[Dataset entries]
▽

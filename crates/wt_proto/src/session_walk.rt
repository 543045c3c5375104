//! The walks over a session's stream: one over frames up to the header of the next DATA frame, and one over the capsules in the
//! joined payloads (RFC 9297, section 3.2).
ghost use Rattle.std.specs.Prelude.{◌≡◌, ◌≤◌, ◌<◌, ◌^◌, ◌+◌, IfOk, length};
ghost use Rattle.wt_proto.specs.SessionWalk.{capsule_decides, capsule_with_header, closed_by, is_over, session_walk_of};
ghost use Rattle.wt_message.specs.Capsule.{close_of};
ghost use Rattle.wt_proto.specs.SessionWords.{ended_between, fault_in, payload_in};
ghost use Rattle.wt_proto.specs.SessionReader.{Faulty, Payload, Waiting, header_decides, header_with_size, is_header};

use crate::session_reader::SessionReader;
use crate::walk::{Step, Walk};
use crate::wanted::{LONGEST_PAYLOAD, capsule_wanted, header_wanted};
use std::alloc::Global;
use std::marker::Model;
use wt_message::capsule::CloseWebTransportSession;
use wt_wire::error::{ErrorCode, OutOfMemory};
use wt_wire::side::StreamEnd;
use wt_wire::text::Text;
use wt_wire::varint::{VarInt, read_varint};

/// What a session's stream said up to now.
///
/// ```text
/// Running --capsules that close nothing, HEADERS, unknown frames--> Running
///         --a capsule that closes, or a clean end between frames and capsules--> Closed
///         --another frame, a malformed capsule, another end--> Fault
/// ```
#[derive(Debug, PartialEq, Eq, Drop)]
pub enum SessionWalk {
    /// The session goes on.
    Running,
    /// The peer closed the session with this code and reason.
    Closed(VarInt, Text),
    /// The connection closes with this code.
    Fault(ErrorCode),
}

/// The type of the capsule CLOSE_WEBTRANSPORT_SESSION (draft-ietf-webtrans-http3, section 5).
pub(crate) const CLOSE_WEBTRANSPORT_SESSION: u64 = 0x2843;

/// The shortest value of that capsule: a code of 4 bytes.
pub(crate) const SHORTEST_CLOSE: u64 = 4;

/// The longest: a reason of 1,024 bytes too.
pub(crate) const LONGEST_CLOSE: u64 = 1028;

/// Whether more bytes and an end don't change it.
pub(crate) fn is_over(walk: &SessionWalk) -> bool
    ensures { result ≡ is_over walk.now }
{
    match walk {
        SessionWalk::Running => false,
        SessionWalk::Closed(_, _) | SessionWalk::Fault(_) => true,
    }
}

// ---- frames

/// What frames may say.
#[derive(Drop)]
enum Said {
    /// No DATA yet.
    Waiting,
    /// DATA, with a payload of so many bytes.
    Payload(u64),
    /// A fault.
    Faulty(ErrorCode),
}

/// What the frames on a session's stream said, up to the header of a DATA frame. Contracts see that as data.
#[derive(Drop)]
pub(crate) struct FrameSays {
    said: Said,
}

impl Model for FrameSays {
    ghost use Rattle.wt_proto.specs.SessionReader.{HeaderWalk};

    ghost Value = { HeaderWalk };

    ghost use Rattle.wt_proto.specs.SessionWords.{said_of};

    ghost view = { λ f. said_of f.said };
}

impl FrameSays {
    /// No DATA yet.
    fn waiting() -> FrameSays
        ensures { result ≡ Waiting }
    {
        FrameSays {
            said: Said::Waiting,
        }
    }

    /// DATA, with a payload of so many bytes.
    fn payload_of(size: u64) -> FrameSays
        ensures { result ≡ Payload size }
    {
        FrameSays {
            said: Said::Payload(size),
        }
    }

    /// A fault.
    fn faulty(code: ErrorCode) -> FrameSays
        ensures { result ≡ Faulty code }
    {
        FrameSays {
            said: Said::Faulty(code),
        }
    }

    /// How long the payload is, where it is DATA.
    pub(crate) fn payload(&self) -> Option<u64>
        ensures { result ≡ payload_in self.now }
    {
        match &self.said {
            Said::Payload(size) => Some(*size),
            Said::Waiting | Said::Faulty(_) => None,
        }
    }

    /// Its fault.
    pub(crate) fn fault(&self) -> Option<ErrorCode>
        ensures { result ≡ fault_in self.now }
    {
        match &self.said {
            Said::Faulty(code) => Some(*code),
            Said::Waiting | Said::Payload(_) => None,
        }
    }

    /// Whether the walk is decided.
    fn is_decided(&self) -> bool
        ensures { result ≡ is_header self.now }
    {
        match &self.said {
            Said::Waiting => false,
            Said::Payload(_) | Said::Faulty(_) => true,
        }
    }
}

/// The frame with a header of `header` bytes and a payload of `size` bytes (RFC 9114, section 7.1).
fn header_step(kind: u64, header: u64, size: u64) -> Step<(), FrameSays>
    requires header { header ≤ 16 }
    requires size { size < 2 ^ 62 }
    ensures { result ≡ header_with_size kind header size }
{
    match kind {
        // Its payload, of any length, belongs to the capsules (RFC 9297, section 3.2).
        0x00 => Step::Stops(FrameSays::payload_of(size), header),
        0x01 | 0x04 if size > LONGEST_PAYLOAD => {
            Step::Stops(FrameSays::faulty(ErrorCode::ExcessiveLoad), header)
        }
        // SETTINGS belong on the control stream (RFC 9114, section 7.2.4).
        0x04 => Step::Stops(FrameSays::faulty(ErrorCode::FrameUnexpected), header + size),
        // HEADERS are skipped, as in the Rust crate, and unknown types are (RFC 9114, section 9).
        _ => Step::Goes((), header + size),
    }
}

/// What the frame at the front does.
#[tactic(auto, unfolding(crate::specs::SessionReader::header_decides))]
fn frame_step(bytes: &[u8]) -> Step<(), FrameSays>
    ensures { result ≡ header_decides tt bytes.now }
{
    let Some((kind, offset)) = read_varint(bytes) else {
        return Step::Cut;
    };
    // The signal of a stream of a session has no length.
    if kind.into_inner() == 0x41 {
        let fault = FrameSays::faulty(ErrorCode::FrameUnexpected);
        return Step::Stops(fault, offset as u64);
    }
    match read_varint(&bytes[offset..]) {
        Some((size, length)) => {
            let header = (offset + length) as u64;
            header_step(kind.into_inner(), header, size.into_inner())
        }
        None => Step::Cut,
    }
}

/// The walk over frames up to the header of a DATA frame.
pub(crate) struct FrameHeaders;

impl Walk for FrameHeaders {
    type State = ();

    type Outcome = FrameSays;

    ghost use Rattle.wt_proto.specs.SessionReader.{header_decides, header_unfinished, header_walk_of, header_wants, is_header};

    ghost start_state = { tt };

    ghost decides = { header_decides };

    ghost wants = { header_wants };

    ghost unfinished_at = { header_unfinished };

    ghost is_final_outcome = { is_header };

    ghost outcome_of = { header_walk_of };

    fn start() {}

    fn step(_alloc: Global, _state: &(), bytes: &[u8]) -> Result<Step<(), FrameSays>, OutOfMemory> {
        Ok(frame_step(bytes))
    }

    fn wanted(bytes: &[u8]) -> usize {
        header_wanted(bytes)
    }

    fn unfinished(_alloc: Global, _end: StreamEnd, _state: &(), _between: bool) -> FrameSays {
        FrameSays::waiting()
    }

    fn is_final(frame: &FrameSays) -> bool {
        frame.is_decided()
    }
}

// ---- capsules

/// What CLOSE_WEBTRANSPORT_SESSION with this value says (draft-ietf-webtrans-http3, section 5).
fn closed_by(alloc: Global, value: &[u8]) -> Result<SessionWalk, OutOfMemory>
    ensures { IfOk result (λ walk. walk ≡ closed_by (close_of value.now)) }
{
    match CloseWebTransportSession::with_capsule(alloc, value)? {
        Ok(close) => {
            let (code, reason) = close.into_parts();
            Ok(SessionWalk::Closed(code, reason))
        }
        // A close that can't be read isn't taken for one: a malformed message (RFC 9297, section 3.3).
        Err(fault) => Ok(SessionWalk::Fault(fault)),
    }
}

/// The capsule of this type at the front, with a header of `header` bytes and a value of `size` bytes.
fn capsule_step(
    alloc: Global,
    bytes: &[u8],
    kind: u64,
    header: usize,
    size: u64,
) -> Result<Step<(), SessionWalk>, OutOfMemory>
    requires within { header ≤ length bytes.now }
    requires header { header ≤ 16 }
    requires size { size < 2 ^ 62 }
    ensures { IfOk result (λ step. step ≡ capsule_with_header bytes.now kind header size) }
{
    // Every other capsule is skipped, whatever its length (RFC 9297, section 3.2).
    if kind != CLOSE_WEBTRANSPORT_SESSION {
        return Ok(Step::Goes((), header as u64 + size));
    }
    // By its length alone, so that a peer can't make this end wait for a value that it will refuse.
    if size < SHORTEST_CLOSE || size > LONGEST_CLOSE {
        return Ok(Step::Stops(SessionWalk::Fault(ErrorCode::Message), header as u64));
    }
    let end = header + size as usize;
    if bytes.len() < end {
        return Ok(Step::Cut);
    }
    Ok(Step::Stops(closed_by(alloc, &bytes[header..end])?, end as u64))
}

/// What the capsule at the front does.
#[tactic(auto, unfolding(crate::specs::SessionWalk::capsule_decides))]
fn typed_capsule_step(alloc: Global, bytes: &[u8]) -> Result<Step<(), SessionWalk>, OutOfMemory>
    ensures { IfOk result (λ step. step ≡ capsule_decides tt bytes.now) }
{
    let Some((kind, offset)) = read_varint(bytes) else {
        return Ok(Step::Cut);
    };
    match read_varint(&bytes[offset..]) {
        Some((size, length)) => {
            let header = offset + length;
            capsule_step(alloc, bytes, kind.into_inner(), header, size.into_inner())
        }
        None => Ok(Step::Cut),
    }
}

/// The walk over the capsules in the joined payloads of DATA frames (RFC 9297, section 3.2).
pub(crate) struct Capsules;

impl Walk for Capsules {
    type State = ();

    type Outcome = SessionWalk;

    ghost use Rattle.wt_proto.specs.SessionWalk.{capsule_decides, is_over};
    ghost use Rattle.wt_proto.specs.SessionReader.{capsule_unfinished, capsule_walk_of, capsule_wants};

    ghost start_state = { tt };

    ghost decides = { capsule_decides };

    ghost wants = { capsule_wants };

    ghost unfinished_at = { capsule_unfinished };

    ghost is_final_outcome = { is_over };

    ghost outcome_of = { capsule_walk_of };

    fn start() {}

    fn step(
        alloc: Global,
        _state: &(),
        bytes: &[u8],
    ) -> Result<Step<(), SessionWalk>, OutOfMemory> {
        typed_capsule_step(alloc, bytes)
    }

    fn wanted(bytes: &[u8]) -> usize {
        capsule_wanted(bytes)
    }

    fn unfinished(alloc: Global, end: StreamEnd, _state: &(), between: bool) -> SessionWalk {
        at_session_end(alloc, end, true, between)
    }

    fn is_final(walk: &SessionWalk) -> bool {
        is_over(walk)
    }
}

// ---- the end

/// What the end makes of a session's stream: whether it stands between two frames, and between two capsules.
pub(crate) fn at_session_end(
    alloc: Global,
    end: StreamEnd,
    between_frames: bool,
    between_capsules: bool,
) -> SessionWalk
    ensures { result ≡ ended_between end between_frames between_capsules }
{
    match end {
        StreamEnd::Running => SessionWalk::Running,
        // An end with no capsule is a close with code 0 and no reason (draft-ietf-webtrans-http3, section 5).
        StreamEnd::Fin if between_frames && between_capsules => {
            SessionWalk::Closed(VarInt::from_u32(0), Text::from_string(String::new(alloc)))
        }
        // A capsule that the end cuts is a malformed message (RFC 9297, section 3.3).
        StreamEnd::Fin if between_frames => SessionWalk::Fault(ErrorCode::Message),
        // Cut inside a frame, or reset: this repository's code, as in the Rust crate.
        StreamEnd::Fin | StreamEnd::Reset(_) => SessionWalk::Fault(ErrorCode::ClosedCriticalStream),
    }
}

/// The walk over a session's stream, over the bytes after the frame that established the session and its end
/// (draft-ietf-webtrans-http3, section 5; RFC 9297, section 3.2). The payloads of DATA frames, of any length, are joined, and
/// capsules are read there: the first CLOSE_WEBTRANSPORT_SESSION closes the session, or is a fault (Message) where its length is
/// below 4 or above 1,028 or its reason isn't UTF-8. SETTINGS and the signal of a WebTransport stream are faults
/// (FrameUnexpected), and so are HEADERS and SETTINGS above 4,096 bytes (ExcessiveLoad). A clean end between frames closes the
/// session with code 0 where it stands between capsules too, else it is a fault (Message); every other end is a fault
/// (ClosedCriticalStream).
pub fn session_walk(alloc: Global, bytes: &[u8], end: StreamEnd) -> Result<SessionWalk, OutOfMemory>
    ensures { IfOk result (λ walk. walk ≡ session_walk_of bytes.now end) }
{
    let mut reader = SessionReader::for_session(alloc);
    reader.take_piece(bytes)?;
    reader.end(end);
    Ok(reader.into_outcome())
}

△

§ **Directions for this task**:
All lines above that include the word "unfolding" should be located and copied.

§ **Task solution**:
#[tactic(auto, unfolding(crate::specs::SessionReader::header_decides))]
#[tactic(auto, unfolding(crate::specs::SessionWalk::capsule_decides))]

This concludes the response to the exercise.